Researchers at Japan’s Shibaura Institute of Technology have combined artificial intelligence with the Finite Element Method (FEM) to deliver more reliable predictions of grout behaviour in complex soils. This approach is especially relevant for tackling soil liquefaction—the process where saturated soil loses its structure, as seen during the 2011 Great East Japan Earthquake.
Chemical grouting has long been used to stabilise soil by injecting a hardening chemical, but consistent permeation in heterogeneous, low-permeability soils has remained a challenge. By merging AI-driven predictive modelling with traditional FEM analysis, the team has made significant strides in understanding and forecasting grout dynamics.
Professor Shinya Inazumi, who led the research, notes that previous work depended solely on conventional permeation analysis. In contrast, the team built a soil model featuring low-permeability zones and performed a two-dimensional FEM analysis to measure permeation velocity. They then trained AI models—including a neural network and a gradient boosting decision tree—achieving an impressive R² value of 0.849.
One of the most striking benefits of this new method is speed: while FEM simulations can take up to 40 minutes per prediction, the AI models complete the task in under two seconds.
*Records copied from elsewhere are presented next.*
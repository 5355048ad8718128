//! tables of both families and a capture → a line for each of its records, and a status
//!
//! [`print_packets`] reads a capture batch by batch, and is lent tables and no rules.
//!
//! | module | what it holds |
//! |---|---|
//! | `capture` | the report of a named capture |
//! | `conductor` | the loop over its batches: take records, walk their keys, put their lines |
//! | `form` | the tables that answer, and how their answers are shown |
//! | `batch`, `packets`, `packet` | the records of a batch, as their packets |
//! | `verdicts` | the verdicts on the packets of a family |
//! | `lines` | the lines of packets, and those after them |
//! | `room` | the memory of a batch |
//! | `laws` | how many transitions a report tells at most, over the definitions |
#![tactic(auto)]

mod batch;
mod capture;
mod conductor;
mod form;
pub mod laws;
mod lines;
mod packet;
mod packets;
mod room;
mod verdicts;

pub use capture::print_packets;
pub use form::PrintOptions;
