//! The loop over the batches of a capture: take records, walk their keys, put their lines.

ghost use Rattle.std.specs.Prelude.{◌≡◌, ◌+◌, ◌*◌, ◌≤◌, IsTrue, length};
ghost use Rattle.acl_outside.specs.Sink.{Puts};
ghost use Rattle.command_ending.specs.StepEffects.{PutsLast, outside};
ghost use Rattle.capture_report.specs.NextRecord.{IsBegun};
ghost use Rattle.capture_report.specs.Report.{counted_all, lines_of_packets};
ghost use Rattle.capture_report.specs.Report.{transitions_of_packets};
ghost use Rattle.capture_report.specs.CaptureOutcome.{last_text};
ghost use Rattle.capture_report.specs.Batch.{AreNext, max_transitions};
ghost use Rattle.capture_report.specs.Taken.{max_batch};
ghost use Rattle.capture_report.specs.Streams.{Streams};

use crate::batch::{BatchEnd, take_batch};
use crate::capture::refused;
use crate::form::FormByTables;
use crate::lines::{write_last, write_lines};
use crate::room::Room;
use crate::verdicts::walk_keys;
use acl_outside::{Desk, Failed, Sink, put_all};
use acl_report::Counts;
use command_ending::Status;
use field_defs::Family;
use flat_table::Steps;
use pcapng_reader::AnyCapture;
use std::sync::ledger::Ledger;

/// Prints the lines of the records, from the first one on, and what comes after them.
pub fn print_records<D: Desk, O: Sink, L: Ledger>(
    form: &FormByTables<'_>,
    capture: &mut AnyCapture,
    room: &mut Room,
    desk: &mut D,
    out: &mut O,
    steps: &mut Steps<L>,
) -> Status
    requires reading { IsTrue (D.view desk.old).reading }
    requires begun { IsBegun capture.old }
    ensures { Streams form.now capture.old
        (outside (D.view desk.old) (O.view out.old) steps.old)
        (outside (D.view desk.new) (O.view out.new) steps.new) result }
{
    let mut counts = Counts::default();
    let mut transitions = 0;
    'batches: loop {
        let end = take_batch(capture, desk, &mut room.packets);
        match put_lines(form, room, &mut counts, &mut transitions, out, steps) {
            Ok(()) => {}
            Err(Failed) => return Status::WriteFault,
        }
        match end {
            BatchEnd::More => {}
            BatchEnd::End => return print_last(form, &counts, transitions, room, out),
            BatchEnd::Fault(fault) => return refused(fault),
        }
    }
}

/// Walks the keys of the packets of the batch, puts their lines to the sink, and counts the packets
/// and, in `transitions`, the transitions. It takes no memory.
///
/// `Failed`: the sink's count rose, and a first part of the lines was put.
fn put_lines<O: Sink, L: Ledger>(
    form: &FormByTables<'_>,
    room: &mut Room,
    counts: &mut Counts,
    transitions: &mut u64,
    out: &mut O,
    steps: &mut Steps<L>,
) -> Result<(), Failed>
    requires next { AreNext counts.old room.old }
    requires batch { length room.old ≤ max_batch }
    requires transitions { transitions.old ≤ counts.old.packets * (2 * max_transitions) }
    ensures puts { Puts (lines_of_packets form.now (counts.old.packets + 1) room.old)
        (O.view out.old) (O.view out.new) result }
    ensures counts { counts.new ≡ counted_all room.old counts.old }
    ensures transitions { transitions.new
        ≡ transitions.old + transitions_of_packets form.now.tables room.old }
    ensures bound { transitions.new ≤ counts.new.packets * (2 * max_transitions) }
    ensures steps { steps.new ≡ steps.old + transitions_of_packets form.now.tables room.old }
{
    let batch = room.packets.as_slice();
    let (keys, rows) = (&mut room.keys, &mut room.scratch);
    let all = batch.len();
    let (to, marks) = (&mut room.ip4.verdicts, &mut room.ip4.dashes);
    let ip4 = walk_keys(form, Family::Ip4, batch, all, keys, rows, to, marks, steps);
    // A packet of one family is none of the other.
    let rest = all - ip4.packets;
    let (to, marks) = (&mut room.ip6.verdicts, &mut room.ip6.dashes);
    let ip6 = walk_keys(form, Family::Ip6, batch, rest, keys, rows, to, marks, steps);
    *transitions += ip4.transitions + ip6.transitions;
    let (ip4, ip6) = (room.ip4.first(ip4.verdicts), room.ip6.first(ip6.verdicts));
    let len = write_lines(form, batch, ip4, ip6, counts, &mut room.lines);
    put_all(out, &room.lines[..len])
}

/// Prints the lines after those of a whole capture.
fn print_last<O: Sink>(
    form: &FormByTables<'_>,
    counts: &Counts,
    transitions: u64,
    room: &mut Room,
    out: &mut O,
) -> Status
    ensures { PutsLast (last_text form.now counts.now transitions) (O.view out.old)
        (O.view out.new) result }
{
    let len = write_last(form, counts, transitions, &mut room.lines);
    match put_all(out, &room.lines[..len]) {
        Ok(()) => Status::Done,
        Err(Failed) => Status::WriteFault,
    }
}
Additionally, the AI approach improved the average permeation rate from 94.5% to 96% and modestly reduced the worst-case performance from 81% to 83%.
This study underlines how AI can enhance numerical modelling when paired with robust, well-structured data. However, the researchers advise that further validation with real-world field data is essential. Expanding the dataset could help fine-tune the models even further, ensuring both accuracy and reliability in practical applications.
Professor Inazumi believes these findings offer engineers a practical framework for predicting grout behaviour even under challenging soil conditions. Looking ahead, integrating additional physical properties—such as grout pressure and grain size distributions—into FEM simulations could further enhance the framework’s applicability.